Korban Ceritakan Piciknya Mafia Tanah di Jakarta

Mafia tanah mendapatkan back up dari aparat penegak hukum dan instansi lainnya. 

Antara/Reno Esnir
Petugas menujukkan barang bukti dokumen kasus mafia tanah yang menggunakan surat palsu.
Rep: Ali Mansur Red: Agus Yulianto

REPUBLIKA.CO.ID, JAKARTA -- Meski telah memiliki bukti otentik atas kepemilikan sebidang tanah di daerah Kembangan, Jakarta Barat, tapi Damiri H.Salim harus terusir dari tanah sendirinya. Bahkan, Damiri dijadikan tersangka dengan dugaan memasuki lahan perkarangan orang lain.

Perwakilan dari Damiri dan ahli waris, Charles Ingkiriwang menegaskan itu adalah perbuatan mafia tanah. Kata dia, perkara ini merupakan ulah dari mafia tanah yang selama ini meresahkan masyarakat luas. 

Bahkan, mafia tanah mendapatkan back up dari aparat penegak hukum dan instansi lainnya. Sehingga ahli waris pun yang telah memenangkan gugatan dan keputusan sudah in kracht tidak bisa mengambil haknya lagi. "Ini memang mafia tanah, mereka bisa memalsukan segalanya," tegas Charles,saat dikonfirmasi, Sabtu (6/3).

Charles menceritakan sengketa tanah ini berawal dari pewaris bernama Lie Bok Sie (almarhum) yang memiliki sebidang tanah di desa Kembangan, Kebon Jeruk, Jakarta Barat yang tercatat dalam Girik C Nomor 1970 Blok D.II Persil Nomor 22 atas namanya sendiri.
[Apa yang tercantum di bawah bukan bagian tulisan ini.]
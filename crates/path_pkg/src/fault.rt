//! The refusals of trees, of packing and of packagers.
use dist_types::fault::Failed;
use std::alloc::AllocError;
use thiserror::Error;

/// Why a tree gave no answer.
#[derive(Clone, Copy, Debug, PartialEq, Eq, Error)]
pub enum TreeFault {
    /// The tree failed, and its count of faults rose.
    #[error("tree fault")]
    Failed,
    /// A name or the target of a link is not UTF-8, and the count of such names rose.
    #[error("name is not UTF-8")]
    NotUtf8,
    /// Memory ran out.
    #[error("out of memory")]
    Memory,
}

impl From<Failed> for TreeFault {
    ghost use Rattle.std.specs.Prelude.{◌≡◌};
    ghost use Rattle.path_pkg.specs.declared.fault.TreeFault.TheVariants as Faults;

    ghost from_gives = { λ _ e. e ≡ Faults.Failed };

    fn from(_: Failed) -> Self {
        TreeFault::Failed
    }
}

impl From<AllocError> for TreeFault {
    ghost use Rattle.std.specs.Prelude.{◌≡◌};
    ghost use Rattle.path_pkg.specs.declared.fault.TreeFault.TheVariants.{Memory};

    ghost from_gives = { λ _ e. e ≡ Memory };

    fn from(_: AllocError) -> Self {
        TreeFault::Memory
    }
}

/// Why a path was not simplified or a package not made.
#[derive(Clone, Copy, Debug, PartialEq, Eq, Error)]
pub enum PackError {
    /// The path does not begin with `/`.
    #[error("path is not absolute")]
    NotAbsolute,
    /// What the path leads to is no directory.
    #[error("not a directory")]
    NotDir,
    /// What the path leads to is no file.
    #[error("not a file")]
    NotFile,
    /// A `..` stands behind a link.
    #[error("link in a parent path")]
    LinkInParent,
    /// More than forty links stand on the path and on their targets.
    #[error("too many links")]
    TooManyLinks,
    /// The tree failed, and its count of faults rose.
    #[error("tree fault")]
    TreeFault,
    /// The sink failed, and its count of faults rose.
    #[error("sink fault")]
    SinkFault,
    /// A name or the target of a link is not UTF-8, and the tree's count of such names rose.
    #[error("name is not UTF-8")]
    NotUtf8,
    /// Memory ran out.
    #[error("out of memory")]
    Memory,
    /// A packed path, or the path or target of a recorded link, is longer than 65,535 bytes.
    #[error("path is too long")]
    PathTooLong,
}

impl From<AllocError> for PackError {
    ghost use Rattle.std.specs.Prelude.{◌≡◌};
    ghost use Rattle.path_pkg.specs.declared.fault.PackError.TheVariants.{Memory};

    ghost from_gives = { λ _ e. e ≡ Memory };

    fn from(_: AllocError) -> Self {
        PackError::Memory
    }
}

impl From<TreeFault> for PackError {
    ghost use Rattle.std.specs.Prelude.{◌≡◌};
    ghost use Rattle.path_pkg.specs.Fault.{pack_error};

    ghost from_gives = { λ f e. e ≡ pack_error f };

    fn from(fault: TreeFault) -> Self {
        match fault {
            TreeFault::Failed => PackError::TreeFault,
            TreeFault::NotUtf8 => PackError::NotUtf8,
            TreeFault::Memory => PackError::Memory,
        }
    }
}

/// Why a packager appended nothing more.
#[derive(Clone, Copy, Debug, PartialEq, Eq, Error)]
pub enum PackFault {
    /// The packager refused, and its count of refusals rose.
    #[error("packager refused")]
    Refused,
    /// Memory ran out.
    #[error("out of memory")]
    Memory,
}
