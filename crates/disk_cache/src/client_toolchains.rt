//! `ClientToolchains`: the archives that a client sends, packaged or configured.
ghost use Rattle.std.specs.Prelude.{◌≡◌, ◌≤◌, ◌++◌, ◌∷◌, [], Some, None, Ok, Err, IsSome, OnOk, IfOk, IfErr};
ghost use Rattle.std.specs.Prelude.{OnErr, codes};
ghost use Rattle.std.specs.Map.{lookup};
ghost use Rattle.std.specs.Str.{bytes_eq};
ghost use Rattle.std.specs.Option.{option_map};
ghost use Rattle.folders.specs.Files.{file_at, front};
ghost use Rattle.folders.specs.Held.{Holds, Became, Lacks};
ghost use Rattle.toolchain_cache.specs.Archives.{id_of, opened_archives, IsInStep};
ghost use Rattle.listed_files.specs.Disk.{KeepsSpoiled};
ghost use Rattle.listed_files.specs.Calls.{Uncounted};
ghost use Rattle.toolchain_cache.specs.Archiving.{FindFails, Relists};
ghost use Rattle.toolchain_cache.specs.Stored.{KeepsListed};
ghost use Rattle.disk_cache.specs.Configs.{config_of, config_verdict, custom_of, IsChoice};
ghost use Rattle.disk_cache.specs.Custom.{TellsCustom, Takes, Unread, IsCustom, taken_of, last_taken, taking};
ghost use Rattle.disk_cache.specs.Custom.{custom_as, custom_told, customs_seen};
ghost use Rattle.disk_cache.specs.InStep.{KeepsStep};
ghost use Rattle.disk_cache.specs.Names.{cache_path, temp_dir, weak_path};
ghost use Rattle.disk_cache.specs.Opening.{IsEmpty, HasOnly, ButOwn, LeftOpen, OpeningFails};
ghost use Rattle.disk_cache.specs.Others.{KeepsBeside, KeepsOthers};
ghost use Rattle.disk_cache.specs.Putting.{Gets, IsFound, ReadsCustom, FindsArchive, LooksUp, found_of};
ghost use Rattle.disk_cache.specs.Putting.{looked_of};
ghost use Rattle.disk_cache.specs.Putting.{Records, RecordsStored, KeptOrRecorded, Stores, IsStocked, Packs, Packages};
ghost use Rattle.disk_cache.specs.Putting.{PutsCustom, PutsPackage, LooksThenPackages, Puts};
ghost use Rattle.disk_cache.specs.Putting.{archives_seen, bytes_seen, placed_as, placed_seen};
ghost use Rattle.disk_cache.specs.Toolchains.{IsClient, IsWritten, with_state};
ghost use Rattle.disk_cache.specs.WeakMaps.{weak_map_at, recorded_id};
ghost use Rattle.path_pkg.specs.Called.{CalledOnce};

use crate::config::{Choice, CustomToolchain, DistToolchainConfig, choice_of, copy_all, judge};
use crate::custom::{Custom, Placed, Taken, custom_as, last_taken, taken_of};
use crate::emptied::prepare;
use crate::names::{Names, names_of};
use crate::toolchain_error::{ToolchainError, fault_error, toolchain_error};
use crate::weak_file::{load, save};
use crate::weak_map::WeakMap;
use dist_types::fault::Memory;
use dist_types::text::Text;
use dist_types::toolchain::Toolchain;
use dist_types::try_clone::TryClone;
use folders::fault::FolderFault;
use folders::folder::Folder;
use lru_disk_cache::Error;
use path_pkg::fault::PackFault;
use path_pkg::packagers::ToolchainPackager;
use std::alloc::Global;
use std::marker::Model;
use toolchain_cache::{TcCache, toolchain_of};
Kemudian beralih kepada ahli waris, yaitu  Etty Widjaja, Lie Tjie Hian, Damiri H.Sadjim, Lie A Tjun, Anyo, Jaya alias Lie Kun yang berdasarkan surat ketetapan Pengadilan Negeri Jakarta Barat nomor 19/PDT/P/1991 tanggal 28 Januari 1991.

 

 

Kemudian pengacara dari Lie Bok Sie bernama Herry Thung (almarhum) menawarkan jasa untuk dibuatkan sertifikat. Namun, justru Herry Thung membuat menyerebot sebagian tanah tersebut dengan dibuatkan sertifikat hak guna bangunan atas nama Herry Thung sendiri dengan luas 4.995 M2 dan atas istrinya, Juliana Wairaraseluas 3000 M2. 

"Terus Herry Thung berpura-pura menjual tanahnya ke Sony Febrimas,yang ternyata Sony sopirnya Herry Thung, terbukti saat BAP Sony tidak merasa membeli tanah itu. Kemudian Herry Thung menjual lagi tanah tersebut kepada PT Anugerah," ungkap Charles.

Lebih lanjut, kata Charles, PT. Anugerah tersebut memiliki hutang kepada sebuah perusahan dan kemungkinan dengan menjaminkan sertifikat yang dibuat okeh Herry Thung sendiri. Kemudian sertifikat sertifikat tersebut ditembus PT. Proline Finance meski mereka mengetahui bahwa tanah tersebut tengah bersengketa. Karena ahli waris yang menyadari tanah diserobot langsung melayangkan gugatan ke pengadilan dan menang dengan putusan in krahct.

"Mereka (Polisi) mengambil ahli lahan kita, katanya ada surat SK dari Menteri Pertanahan BPN untuk mengosongkan lahan tersebut, tapi setelah dikosongkan langsung diserahkan ke pihak lain lawan, PT. Proline Finance. Kami menganggap tindakan polisi itu merupakan tindakan premanisme," keluhnya. 

 

Padahal, sambung Charles, pihak keluarga sudah menunjukkan bukti kepemilikan tanah dalam Girik C Nomor 1970 Blok D.II Persil Nomor 22 atas nama Lie Bok Sie dan juga bukti putusan dari pengadilan. Namun pihak kepolisian tidak mengindahkannya, dan lebih menyakitkannya lagi, setelah dikuasai polisi menyerahkan tanah tersebut ke PT. Proline Finance yang menjadi lawan dari ahli waris.